We consider the external force \(f(t)\) to be the input to the system and the displacement \(x(t)\) the output of the system. Applying the Laplace transform on both sides of the equation we get:

\[F(s) - k X(s) - s B X(s) = s^2 M X(s)\]

Rearranging terms we can write the transfer function \(H(s) = X(s)/F(s)\) as:

\[H(s) = \frac{X(s)}{F(s)} = \frac{1}{M s^2 + B s + K}\]

Now imagine that the system is in rest at \(t=0\) and at that time you hit the mass with a massive hammer. That is the physical equivalent of feeding our system with an impulse response.

Evidently the impulse response can be calculated as the inverse Laplace transform of the transfer function \(H(s)\). The practical way to do that is by looking at the table of Laplace transform pairs and see which of the Laplace transforms (almost) matches the given one. Then you have to rewrite the given transfer function to match exactly giving you also the impulse transform. Not in all cases this is possible. Sometimes partial fraction expansion will be needed to write the given transfer function as a sum of functions in the s-domain for which an inverse can be found in the table.

We leave calculating the impulse response as an exercide to the reader.

Another way of visualizing the impulse response is by numerical calculations. In scipy.signal we can easily define transfer functions as rational functions in the s-domain. Then the impulse and step response can be calculated numerically. Look at the code used to draw the impulse and step response of the mass-spring-damper system (assuming \(M=1, B=1, K=5\)).

 1import numpy as np
 2import matplotlib.pyplot as plt
 3import scipy.signal as sig
 4
 5plt.close('all')
 6
 7M = 1
 8B = 1
 9K = 5
10H = sig.lti([1], [M, B, K])
11
12t = np.linspace(0, 10, 1000)
13_, h = H.impulse(T=t)
14
15plt.plot(t, h)
16
17plt.savefig('source/figures/impulse_response.png')
../../_images/impulse_response.png

We may also visualize the step response of this system.
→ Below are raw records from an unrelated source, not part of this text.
//! Record batches of version 2, as producers send them and as a log keeps them.
#![tactic(auto)]

mod form;
mod header;
mod laws;
mod passing;
mod place;
mod places;
mod read;
mod rec;
mod walk;
mod write;

pub use form::{BatchView, Form};
pub use laws::{bytes_have_one_first_fault, records_stand_one_behind_another};
pub use place::place_batch;
pub use places::{RecordAt, record_at};
pub use read::read_batch;
pub use rec::Rec;
pub use write::{fits_batch, write_batch};
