// The header of a batch, and its faults in their order.
ghost use Rattle.std.specs.Prelude.{◌≡◌, ◌+◌, ◌≤◌, length, OnOk, IfErr};
ghost use Rattle.std.specs.Int.{w8, w16, w32, w64};
ghost use Rattle.rec_batch.specs.Fields.{signed_at, unsigned_at};
ghost use Rattle.rec_batch.specs.Verdicts.{HasFields, HasSize, IsFieldFault, IsSizeFault};

use crc_castagnoli::crc32c;
use share_model::BatchFault;

/// The most bytes that a batch may have.
pub const MAX_SIZE: usize = 1048588;

/// The number of bytes before the records.
pub const HEADER_SIZE: usize = 61;

/// The number of bytes before and with the length field, which counts those behind it.
pub const LENGTH_END: i64 = 12;

pub const BASE_OFFSET: usize = 0;

pub const LENGTH: usize = 8;

pub const MAGIC: usize = 16;

pub const CHECKSUM: usize = 17;

pub const ATTRIBUTES: usize = 21;

pub const LAST_OFFSET_DELTA: usize = 23;

pub const PRODUCER_ID: usize = 43;

pub const RECORD_COUNT: usize = 57;

const COMPRESSION: u16 = 0b111;

const TRANSACTIONAL: u16 = 1 << 4;

const CONTROL: u16 = 1 << 5;

fn i8_at(bytes: &[u8], place: usize) -> i8
    requires { place + 1 ≤ length bytes.now }
    ensures { result ≡ signed_at w8 place bytes.now }
{
    let (_, field) = bytes.split_at(place);
    i8::from_be_bytes([field[0]])
}

fn u16_at(bytes: &[u8], place: usize) -> u16
    requires { place + 2 ≤ length bytes.now }
    ensures { result ≡ unsigned_at w16 place bytes.now }
{
    let (_, field) = bytes.split_at(place);
    u16::from_be_bytes([field[0], field[1]])
}

fn u32_at(bytes: &[u8], place: usize) -> u32
    requires { place + 4 ≤ length bytes.now }
    ensures { result ≡ unsigned_at w32 place bytes.now }
{
    let (_, field) = bytes.split_at(place);
    u32::from_be_bytes([field[0], field[1], field[2], field[3]])
}

pub fn i32_at(bytes: &[u8], place: usize) -> i32
    requires { place + 4 ≤ length bytes.now }
    ensures { result ≡ signed_at w32 place bytes.now }
{
    let (_, field) = bytes.split_at(place);
    i32::from_be_bytes([field[0], field[1], field[2], field[3]])
}

pub fn i64_at(bytes: &[u8], place: usize) -> i64
    requires { place + 8 ≤ length bytes.now }
    ensures { result ≡ signed_at w64 place bytes.now }
{
    let (_, field) = bytes.split_at(place);
    i64::from_be_bytes([
        field[0], field[1], field[2], field[3], field[4], field[5], field[6], field[7],
    ])
}

/// The first fault of the batch's size.
pub fn check_size(bytes: &[u8]) -> Result<(), BatchFault>
    ensures ok { OnOk result (HasSize bytes.now) }
    ensures err { IfErr result (IsSizeFault bytes.now) }
{
    if bytes.len() > MAX_SIZE {
        return Err(BatchFault::TooLarge);
    }
    if bytes.len() < HEADER_SIZE {
        return Err(BatchFault::Short);
    }
    if i32_at(bytes, LENGTH) as i64 + LENGTH_END != bytes.len() as i64 {
        return Err(BatchFault::Short);
    }
    Ok(())
}

/// The first fault of a header's fields.
pub fn check_fields(bytes: &[u8]) -> Result<(), BatchFault>
    requires { 61 ≤ length bytes.now }
    ensures ok { OnOk result (HasFields bytes.now) }
    ensures err { IfErr result (IsFieldFault bytes.now) }
{
    if i8_at(bytes, MAGIC) != 2 {
        return Err(BatchFault::BadMagic);
    }
    let (_, checked) = bytes.split_at(ATTRIBUTES);
    if u32_at(bytes, CHECKSUM) != crc32c(checked) {
        return Err(BatchFault::BadCrc);
    }
    let attributes = u16_at(bytes, ATTRIBUTES);
    if attributes & COMPRESSION != 0 {
        return Err(BatchFault::Compressed);
    }
    if attributes & TRANSACTIONAL != 0 {
        return Err(BatchFault::Transactional);
    }
    if attributes & CONTROL != 0 {
        return Err(BatchFault::Control);
    }
    if i64_at(bytes, PRODUCER_ID) != -1 {
        return Err(BatchFault::HasProducer);
    }
    Ok(())
}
That is when you exert a constant force \(F\) on the mass (think of a propellor mounted on top) that starts at time \(t=0\).

 1import numpy as np
 2import matplotlib.pyplot as plt
 3import scipy.signal as sig
 4
 5plt.close('all')
 6
 7M = 1
 8B = 1
 9K = 5
10H = sig.lti([1], [M, B, K])
11
12t = np.linspace(0, 10, 1000)
13_, ur = H.step(T=t)
14
15plt.plot(t, ur)
16
17plt.savefig('source/figures/step_response.png')
../../_images/step_response.png

Note that the steady state (for \(t\rightarrow\infty\)) is 0.2 which is to be expected given that at that time the mass is not moving anymore (so the damper does not exert a force) and when the spring is pressed over a distance of 20 cm it exerts a force of 1 Newton (due to the spring constant \(K=5\)) balancing the force of the propellor.

The observed behavior is typical for a second order system. In the chapter on control theory we will look at these types of systems in more detail.